Copy out each line of the data that holds the string "StrictLaws".

■ Information given ■
▶

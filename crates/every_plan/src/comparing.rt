// One net in one kind of cost: the search's answer beside that of trying every plan.
ghost use Rattle.std.specs.Prelude.{◌≡◌, length};
ghost use Rattle.best_plan.specs.Chosen.{chosen};
ghost use Rattle.search_theory.specs.Costs.{kind_of};
ghost use Rattle.search.specs.Answers.{marks_after};
ghost use Rattle.every_plan.specs.Comparing.{tie, judged, searched, compared};
ghost use Rattle.every_plan.specs.Nets.{net_of};

use crate::shapes::RECORDS;
use crate::trying::Case;
use cost::Cost;
use net::limit::Limit;
use search::fault::SearchFault;
use search::search;
use search_cells::Entry;

// Whether an answer is right, and whether it is a plan: two flags, since each can be without the other.
#[derive(Clone, Copy)]
pub(crate) struct Verdict {
    pub(crate) right: bool,
    pub(crate) plan: bool,
}

// The verdict on a search that is refused or not made.
pub(crate) const NO_ANSWER: Verdict = Verdict {
    right: false,
    plan: false,
};

// Both none, or two costs that tie, which need not be equal.
fn tie<P: Cost>(first: Option<P>, second: Option<P>) -> bool
    ensures { result ≡ tie P.Cost.at_most first second }
{
    match (first, second) {
        (Some(x), Some(y)) => x.at_most(y) && y.at_most(x),
        (None, None) => true,
        _ => false,
    }
}

// Whether an answer is right: it ties with the cheapest of all plans, and the marks that stand after it are accepted at its
// cost.
fn judged<P: Cost>(
    answer: Result<Option<P>, SearchFault>,
    cheapest: Option<P>,
    accepted: Option<P>,
) -> Verdict
    ensures { result ≡ judged P.Cost.at_most answer cheapest accepted }
{
    let Ok(cost) = answer else {
        return NO_ANSWER;
    };
    Verdict {
        right: tie(cost, cheapest) && (cost.is_none() || tie(cost, accepted)),
        plan: cost.is_some(),
    }
}

impl<'a, P: Cost> Case<'a, P> {
    // How the search answers with these marks lent. What the cells hold before and after it does not matter.
    fn searched(
        &self,
        limit: Limit,
        cells: &mut [Option<Entry<P::Cell>>],
        marks: &mut [u8],
    ) -> Verdict
        ensures verdict { result ≡ searched (kind_of P.Cost) (net_of self.now) (length cells.old) marks.old limit.value }
        ensures marks { let net = net_of self.now in marks.new ≡ marks_after limit.value (length net.records) (length cells.old) marks.old (chosen (kind_of P.Cost) limit.value net.records net.spare net.prices) }
    {
        let answer = search::<P>(limit, self.route, self.spare, self.prices, cells, marks);
        judged(
            answer,
            self.by_trying(limit),
            self.accepted_cost(limit, marks),
        )
    }

    // How the search answers at the limit of this figure, with blank marks lent.
    pub(crate) fn compared(&self, figure: usize, cells: &mut [Option<Entry<P::Cell>>]) -> Verdict
        ensures { result ≡ compared (kind_of P.Cost) (net_of self.now) (length cells.old) figure }
    {
        let Ok(limit) = Limit::new(figure) else {
            return NO_ANSWER;
        };
        // Fixed room, of which the route takes what it needs.
        let mut marks = [0; RECORDS];
        let places = self.places();
        self.searched(limit, cells, &mut marks[..places])
    }
}
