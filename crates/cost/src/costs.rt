// The interfaces: a cost kind, a strict kind, a pricing.
ghost use Rattle.std.specs.Prelude.{◌≡◌, Bool, ℕ, ◌<◌};
ghost use Rattle.laws.specs.Laws.{CostLaws, StrictLaws, ReadsBack};

// A cost kind: a value called nothing, a sum and a comparison, whose ties need not be equal values, so that it is no order of
// the library. In a work cell a cost lies as plain numbers; it goes there and back by calls of its own, since `From` knows
// neither `stored` nor `held`.
pub trait Cost: Copy {
    type Cell: Copy;

    ghost nothing: { Self };

    ghost plus: { Self → Self → Self };

    ghost at_most: { Self → Self → Bool };

    ghost stored: { Self → Self.Cell };

    ghost held: { Self.Cell → Self };

    fn nothing() -> Self
        ensures { result ≡ nothing };

    fn plus(self, other: Self) -> Self
        ensures { result ≡ plus self other };

    fn at_most(self, other: Self) -> bool
        ensures { result ≡ at_most self other };

    fn to_cell(self) -> Self::Cell
        ensures { result ≡ stored self };

    fn from_cell(cell: Self::Cell) -> Self
        ensures { result ≡ held cell };

    ghost lawful: { CostLaws nothing plus at_most };

    ghost kept: { ReadsBack stored held };
}

// A strict kind has a ceiling below which a sum keeps what is strictly less. It stands alone, with the laws of a cost
// kind and a price among its own, so that a pair can ask for it and nothing else.
pub trait Strict: Copy {
    type Slot: Copy;

    ghost nothing: { Self };

    ghost plus: { Self → Self → Self };

    ghost at_most: { Self → Self → Bool };

    ghost ceiling: { Self };

    ghost stored: { Self → Self.Slot };

    ghost held: { Self.Slot → Self };

    ghost priced: { ℕ → ℕ → ℕ → Self.Slot };

    fn nothing() -> Self
        ensures { result ≡ nothing };

    fn plus(self, other: Self) -> Self
        ensures { result ≡ plus self other };

    fn at_most(self, other: Self) -> bool
        ensures { result ≡ at_most self other };

    fn ceiling() -> Self
        ensures { result ≡ ceiling };

    fn to_slot(self) -> Self::Slot
        ensures { result ≡ stored self };

    fn from_slot(slot: Self::Slot) -> Self
        ensures { result ≡ held slot };

    // The price of one site, where the capacity exceeds the use.
    fn price(capacity: u16, used: u16, share: u32) -> Self
        requires { used < capacity }
        ensures { stored result ≡ priced capacity used share };

    ghost lawful: { CostLaws nothing plus at_most };

    ghost strict: { StrictLaws plus at_most ceiling };

    ghost kept: { ReadsBack stored held };
}

// A pricing tells what one site costs. `priced` has the price as the plain numbers that the cost kind stores.
pub trait Pricing: Cost {
    ghost priced: { ℕ → ℕ → ℕ → Self.Cell };

    // The price of one site, where the capacity exceeds the use: the one thing that the rules let a call ask.
    fn price(capacity: u16, used: u16, share: u32) -> Self
        requires { used < capacity }
        ensures { Self.Cost.stored result ≡ priced capacity used share };
}
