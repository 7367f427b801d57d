// The pair as a cost kind and as a pricing: the first decides, then the second, and firsts at the ceiling tie.
ghost use Rattle.cost.specs.Pairs.{pair, pair_plus, pair_at_most};
ghost use Rattle.std.specs.Prelude.{refl};
ghost use Rattle.laws.proofs.Ranking.{pair_laws};

use crate::costs::{Cost, Pricing, Strict};
use crate::pair::Pair;

impl<A: Strict, B: Cost> Cost for Pair<A, B> {
    type Cell = (A::Slot, B::Cell);

    ghost nothing = { pair A.Strict.nothing B.Cost.nothing };

    ghost plus = { pair_plus A.Strict.plus B.Cost.plus };

    ghost at_most = { pair_at_most A.Strict.at_most A.Strict.ceiling B.Cost.at_most };

    ghost stored = { λ x. (A.Strict.stored x.first, B.Cost.stored x.second) };

    ghost held = { λ c. pair (A.Strict.held c.0) (B.Cost.held c.1) };

    fn nothing() -> Pair<A, B> {
        Pair {
            first: A::nothing(),
            second: B::nothing(),
        }
    }

    fn plus(self, other: Pair<A, B>) -> Pair<A, B> {
        Pair {
            first: self.first.plus(other.first),
            second: self.second.plus(other.second),
        }
    }

    fn at_most(self, other: Pair<A, B>) -> bool {
        if !other.first.at_most(self.first) {
            return true;
        }
        if !self.first.at_most(other.first) {
            return false;
        }
        A::ceiling().at_most(self.first) || self.second.at_most(other.second)
    }

    fn to_cell(self) -> (A::Slot, B::Cell) {
        (self.first.to_slot(), self.second.to_cell())
    }

    fn from_cell(cell: (A::Slot, B::Cell)) -> Pair<A, B> {
        Pair {
            first: A::from_slot(cell.0),
            second: B::from_cell(cell.1),
        }
    }

    ghost lawful = { pair_laws A.Strict.lawful A.Strict.strict B.Cost.lawful (λ p. p.first) (λ p. p.second) pair (λ x y. refl) (λ x y. refl) (λ p. refl) };

    ghost kept = { λ x i. pair (A.Strict.kept x.first i) (B.Cost.kept x.second i) };
}

impl<A: Strict, B: Pricing> Pricing for Pair<A, B> {
    ghost priced = { λ capacity used share. (A.Strict.priced capacity used share, B.Pricing.priced capacity used share) };

    fn price(capacity: u16, used: u16, share: u32) -> Pair<A, B> {
        Pair {
            first: A::price(capacity, used, share),
            second: B::price(capacity, used, share),
        }
    }
}
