// The pair of two costs. Its bounds stand on the type itself: a pair whose first kind is not strict cannot be named.
use crate::costs::{Cost, Strict};

#[derive(Clone, Copy)]
pub struct Pair<A: Strict, B: Cost> {
    pub first: A,
    pub second: B,
}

◀

■ Response ■
ghost use Rattle.laws.specs.Laws.{CostLaws, StrictLaws, ReadsBack};
    ghost strict: { StrictLaws plus at_most ceiling };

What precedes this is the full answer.